I'm always dubious about peer reviews, to be honest. I know authors aren't going to be as critical as they should be if they know they're getting a review in return, which isn't fair to readers, even if authors are open about it is a peer review. But how Amazon has come down on the likes reviewing blogs who do speak honestly, I think that's extreme. I know a few reviewers who have been banned too.

I think what gets under my skin a little is an author having an ARC team and who offer rewards like Amazon vouchers etc (I've seen a few), where they are using their fans as their ARC team to review a release for them. It bypasses reviewing blogs, who can offer a more objective reviewing policy. Yeah, it's damn harder to get a review with a reviewing blog, but it can be a way to help scam the system if you use your own ARC team, IMHO.

No matter what, it's tough, and it's not helped one bit by the authors who know how to scam, whether it's through click farms, book stuffing, ughh.. it's endless, and I get so sick of hearing the new ways they screw the system. And that apparently includes the latest one who was banned for Amazon for unnamed reasons, and who was then taken on by a publisher to possibly get around the ban. That one seems to have hurt authors already with that publisher, as it gives the green-light on cheating the system.


----------



## Ralph Rotten (Jul 28, 2019)

My thinking is that Indies should have an avenue for sending out books to reviewers & bloggers, without those people being banned.
After all, Amazon is in this to make money, and I just wanna help them do it because I have a vested stake in the process.

I'm leaning towards starting a movement in the #WritingCommunity to appeal to Amazon to open up a way.

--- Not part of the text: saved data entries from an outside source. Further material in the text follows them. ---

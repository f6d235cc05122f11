//! The calls of the cryptography crates that bench/crypto measures from C, each made many times.
use aes_ctr::{Key, Key128, Key256, apply_stream};
use replay_window::{Seen, Window};

/// AES-128's stream on the bytes, `turns` times.
#[unsafe(no_mangle)]
pub extern "C" fn bench_stream_128(key: &[u8; 16], front: &[u8; 12], turns: u32, bytes: &mut [u8]) {
    let key = Key::Short(Key128::new(key));
    for _ in 0..turns {
        apply_stream(&key, front, 1, bytes);
    }
}

/// AES-256's stream on the bytes, `turns` times.
#[unsafe(no_mangle)]
pub extern "C" fn bench_stream_256(key: &[u8; 32], front: &[u8; 12], turns: u32, bytes: &mut [u8]) {
    let key = Key::Long(Key256::new(key));
    for _ in 0..turns {
        apply_stream(&key, front, 1, bytes);
    }
}

/// Expands AES-128's key `turns` times, each from a block under the key before.
#[unsafe(no_mangle)]
pub extern "C" fn bench_key_128(turns: u32, key: &mut [u8; 16]) {
    for _ in 0..turns {
        *key = Key128::new(key).encrypt_block(key);
    }
}

/// Signs the bytes `turns` times, each under the signature before.
#[unsafe(no_mangle)]
pub extern "C" fn bench_sign(bytes: &[u8], turns: u32, signature: &mut [u8; 32]) {
    for _ in 0..turns {
        *signature = hmac_sign::sign(&*signature, bytes);
    }
}

/// Tests the numbers below `turns`, and counts those that are fresh. Every number up to 500 was taken.
#[unsafe(no_mangle)]
pub extern "C" fn bench_test(turns: u32) -> u32 {
    let mut window = Window::new();
    for n in 0..501 {
        take_fresh(&mut window, n);
    }
    let mut fresh: u32 = 0;
    for n in 0..turns {
        if matches!(window.test(n % 1024), Seen::Fresh) {
            fresh = fresh.wrapping_add(1);
        }
    }
    fresh
}

/// Tests the numbers below `turns`, takes those that are fresh, and counts them.
#[unsafe(no_mangle)]
pub extern "C" fn bench_take(turns: u32) -> u32 {
    let mut window = Window::new();
    let mut fresh: u32 = 0;
    for n in 0..turns {
        if take_fresh(&mut window, n) {
            fresh = fresh.wrapping_add(1);
        }
    }
    fresh
}

// Takes the number if it is fresh.
fn take_fresh(window: &mut Window, n: u32) -> bool {
    match window.test(n) {
        Seen::Fresh => {
            window.take(n);
            true
        }
        _ => false,
    }
}
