//! Configurations.
use ps_config::{ConfigEnd, read_config};
use std::alloc::Global;

/// Reads the configuration `turns` times, and says how the last reading ended: 0 where it is accepted, the number of its
/// fault where it is refused, 255 where memory ran out.
#[unsafe(no_mangle)]
pub extern "C" fn bench_config(alloc: Global, turns: u32, bytes: &[u8]) -> u32 {
    let mut end = 0;
    for _ in 0..turns {
        end = end_of(alloc, bytes);
    }
    end
}

fn end_of(alloc: Global, bytes: &[u8]) -> u32 {
    match read_config(alloc, bytes) {
        Ok(_) => 0,
        Err(ConfigEnd::Refused { code, .. }) => u32::from(code),
        Err(ConfigEnd::Memory) => 255,
    }
}
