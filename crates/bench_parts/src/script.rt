//! Scripts.
ghost use Rattle.ps_config.specs.Sound.{IsSound};

use bench_base::Unmeasured;
use ps_config::{Config, read_config};
use ps_script::{Act, Script, ScriptEnd, read_script};
use std::alloc::Global;

/// Reads the script `turns` times for the configuration, and says how the last reading ended: 0 where it is accepted, the
/// number of its fault where it is refused, 255 where memory ran out or there is no such configuration.
#[unsafe(no_mangle)]
pub extern "C" fn bench_script(alloc: Global, turns: u32, config: &[u8], bytes: &[u8]) -> u32 {
    let Ok(config) = read_config(alloc, config) else {
        return 255;
    };
    let mut end = 0;
    for _ in 0..turns {
        end = end_of(alloc, &config, bytes);
    }
    end
}

fn end_of(alloc: Global, config: &Config, bytes: &[u8]) -> u32
    requires { IsSound config.now }
{
    match read_script(alloc, config, bytes, true) {
        Ok(_) => 0,
        Err(ScriptEnd::Refused { fault, .. }) => u32::from(fault.number()),
        Err(ScriptEnd::Memory) => 255,
    }
}

/// A sum over what the lines of the script write, by which two readers are compared; 0 where it isn't accepted.
#[unsafe(no_mangle)]
pub extern "C" fn script_sum(alloc: Global, config: &[u8], bytes: &[u8]) -> u64 {
    match accepted(alloc, config, bytes) {
        Ok(script) => sum_of(&script),
        Err(Unmeasured) => 0,
    }
}

fn accepted(alloc: Global, config: &[u8], bytes: &[u8]) -> Result<Script, Unmeasured> {
    let Ok(config) = read_config(alloc, config) else {
        return Err(Unmeasured);
    };
    match read_script(alloc, &config, bytes, true) {
        Ok(script) => Ok(script),
        Err(_) => Err(Unmeasured),
    }
}

fn sum_of(script: &Script) -> u64 {
    let mut sum: u64 = 0;
    for line in script.lines.as_slice() {
        sum = sum.wrapping_mul(31).wrapping_add(u64::from(line.at));
        if let Act::Write { patch, .. } = &line.act {
            sum = sum.wrapping_mul(31).wrapping_add(patch.mask);
            for word in &patch.row.words {
                sum = sum.wrapping_add(*word);
            }
        }
    }
    sum
}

But how do you delineate something like that?
Bloggers & reviewers..okay!
Peer reviews by other authors...should be okay...?
Exchanging reviews....that is getting into quid pro quo territory.

I mean, really all Amazon has to do is add an option (right between "Order an Author Copy and Send a Proof Copy) that allows you to drop-ship books to reviewers, along with a cheat sheet (reviewer always want some details like cost, publisher, etc).
When they send out the copy, you take that *receipt number* and give it to the reviewer so they can use it to obtain a *verified review*.
All it would take is a little code, and we could sell more books.


----------



## Aquilo (Jul 28, 2019)

That's a cracking idea, Ralph. If the reveiwers could get listed with Amazon in a way, away from reader-reviewers on there.


----------



## Ma'am (Jul 28, 2019)

Also, when a review disappears, we often don't know why (and Amazon won't tell you). Something on the reviewer's end, that has nothing to do with you, could have gotten it flagged. It's also possible that the reviewer deleted it themselves for some reason.


----------



## Sir-KP (Jul 28, 2019)

Reviewers themselves nowadays are malicious. They don't actually review. It's all bent.

Review has become a mainstream medium for people to freely shit on something they are clueless about. And the problem is that it's still being consumed and those who work as journalist aren't doing much better either.


----------



## Aquilo (Jul 29, 2019)

Sir-KP said:


> Reviewers themselves nowadays are malicious. They don't actually review. It's all bent.
> 
> Review has become a mainstream medium for people to freely shit on something they are clueless about. And the problem is that it's still being consumed and those who work as journalist aren't doing much better either.



I wouldn't go that far.   It's like with anything: you always get the bad pennies. But the majority I know are very professional.


----------



## Ralph Rotten (Jul 29, 2019)

Sir-KP said:


> Reviewers themselves nowadays are malicious. They don't actually review. It's all bent.
> 
> Review has become a mainstream medium for people to freely shit on something they are clueless about. And the problem is that it's still being consumed and those who work as journalist aren't doing much better either.




I get most malicious reviews removed.
Amazon wants to make money, so they care not for trolls.
Remember, those reviews are in THEIR store.


----------